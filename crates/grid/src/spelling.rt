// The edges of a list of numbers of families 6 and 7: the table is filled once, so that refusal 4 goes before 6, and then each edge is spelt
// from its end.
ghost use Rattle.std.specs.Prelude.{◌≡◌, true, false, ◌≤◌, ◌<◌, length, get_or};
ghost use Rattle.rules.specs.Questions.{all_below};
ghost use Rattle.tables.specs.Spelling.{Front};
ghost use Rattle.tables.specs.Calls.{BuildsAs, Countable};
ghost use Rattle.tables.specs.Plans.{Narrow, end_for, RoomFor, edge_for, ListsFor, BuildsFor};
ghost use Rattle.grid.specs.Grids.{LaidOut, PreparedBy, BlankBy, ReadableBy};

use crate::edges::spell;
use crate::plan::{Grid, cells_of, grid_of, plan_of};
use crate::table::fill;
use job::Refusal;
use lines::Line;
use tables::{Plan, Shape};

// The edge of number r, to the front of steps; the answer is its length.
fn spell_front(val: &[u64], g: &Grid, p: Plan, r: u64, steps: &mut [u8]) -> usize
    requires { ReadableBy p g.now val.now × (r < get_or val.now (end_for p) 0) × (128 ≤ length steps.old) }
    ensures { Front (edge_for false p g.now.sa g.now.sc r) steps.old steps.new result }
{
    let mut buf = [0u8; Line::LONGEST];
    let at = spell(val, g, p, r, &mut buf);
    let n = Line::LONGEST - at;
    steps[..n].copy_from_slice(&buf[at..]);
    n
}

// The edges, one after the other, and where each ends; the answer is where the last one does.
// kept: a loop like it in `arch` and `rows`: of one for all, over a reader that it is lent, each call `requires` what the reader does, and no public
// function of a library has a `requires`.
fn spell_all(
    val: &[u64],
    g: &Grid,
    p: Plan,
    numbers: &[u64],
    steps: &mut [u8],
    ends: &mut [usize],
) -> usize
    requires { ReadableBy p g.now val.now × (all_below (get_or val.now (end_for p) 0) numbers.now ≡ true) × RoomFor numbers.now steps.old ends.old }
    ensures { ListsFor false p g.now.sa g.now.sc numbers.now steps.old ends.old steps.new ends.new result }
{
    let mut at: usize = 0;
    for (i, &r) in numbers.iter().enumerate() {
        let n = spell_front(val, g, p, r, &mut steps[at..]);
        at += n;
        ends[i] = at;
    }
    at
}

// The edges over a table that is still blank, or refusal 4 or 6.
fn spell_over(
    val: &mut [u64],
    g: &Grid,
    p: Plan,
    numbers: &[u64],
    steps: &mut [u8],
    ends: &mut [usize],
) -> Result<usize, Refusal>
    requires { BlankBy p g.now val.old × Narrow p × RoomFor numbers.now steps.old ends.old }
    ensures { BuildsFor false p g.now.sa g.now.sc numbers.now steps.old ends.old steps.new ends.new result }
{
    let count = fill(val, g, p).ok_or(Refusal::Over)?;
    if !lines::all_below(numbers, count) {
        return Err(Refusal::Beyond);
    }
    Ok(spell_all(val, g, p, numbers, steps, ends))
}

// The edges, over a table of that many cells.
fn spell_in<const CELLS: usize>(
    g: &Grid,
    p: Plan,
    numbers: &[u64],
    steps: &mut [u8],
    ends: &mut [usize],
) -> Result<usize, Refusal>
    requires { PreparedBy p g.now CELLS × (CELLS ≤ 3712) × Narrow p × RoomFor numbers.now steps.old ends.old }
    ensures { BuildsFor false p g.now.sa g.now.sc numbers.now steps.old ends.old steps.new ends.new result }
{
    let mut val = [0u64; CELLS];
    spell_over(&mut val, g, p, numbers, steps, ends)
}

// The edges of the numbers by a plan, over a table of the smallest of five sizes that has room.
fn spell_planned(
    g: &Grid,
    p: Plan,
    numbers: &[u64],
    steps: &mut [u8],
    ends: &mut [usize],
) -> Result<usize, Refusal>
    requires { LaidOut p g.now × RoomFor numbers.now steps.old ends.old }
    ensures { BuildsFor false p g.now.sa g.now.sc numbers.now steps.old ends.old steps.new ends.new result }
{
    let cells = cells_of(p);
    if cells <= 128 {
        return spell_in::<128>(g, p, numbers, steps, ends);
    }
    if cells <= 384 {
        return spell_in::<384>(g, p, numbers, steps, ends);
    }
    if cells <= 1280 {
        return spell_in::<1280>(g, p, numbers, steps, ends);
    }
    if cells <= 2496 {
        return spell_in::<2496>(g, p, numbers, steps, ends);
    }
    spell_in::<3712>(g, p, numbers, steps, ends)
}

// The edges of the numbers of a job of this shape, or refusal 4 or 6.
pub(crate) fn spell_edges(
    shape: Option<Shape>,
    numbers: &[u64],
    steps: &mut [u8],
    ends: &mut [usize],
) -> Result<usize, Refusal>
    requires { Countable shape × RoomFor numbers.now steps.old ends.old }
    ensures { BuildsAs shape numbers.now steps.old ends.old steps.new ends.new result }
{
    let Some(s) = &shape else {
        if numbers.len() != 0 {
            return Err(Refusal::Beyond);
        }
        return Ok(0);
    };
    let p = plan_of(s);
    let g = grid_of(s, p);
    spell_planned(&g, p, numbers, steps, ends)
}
▬▬▬
■ TASK TO CARRY OUT:
From the records above, pull every line that has the string "tables" and copy it.

■ SOLUTION TO THE PROBLEM:
ghost use Rattle.tables.specs.Spelling.{Front};
ghost use Rattle.tables.specs.Calls.{BuildsAs, Countable};
ghost use Rattle.tables.specs.Plans.{Narrow, end_for, RoomFor, edge_for, ListsFor, BuildsFor};
use tables::{Plan, Shape};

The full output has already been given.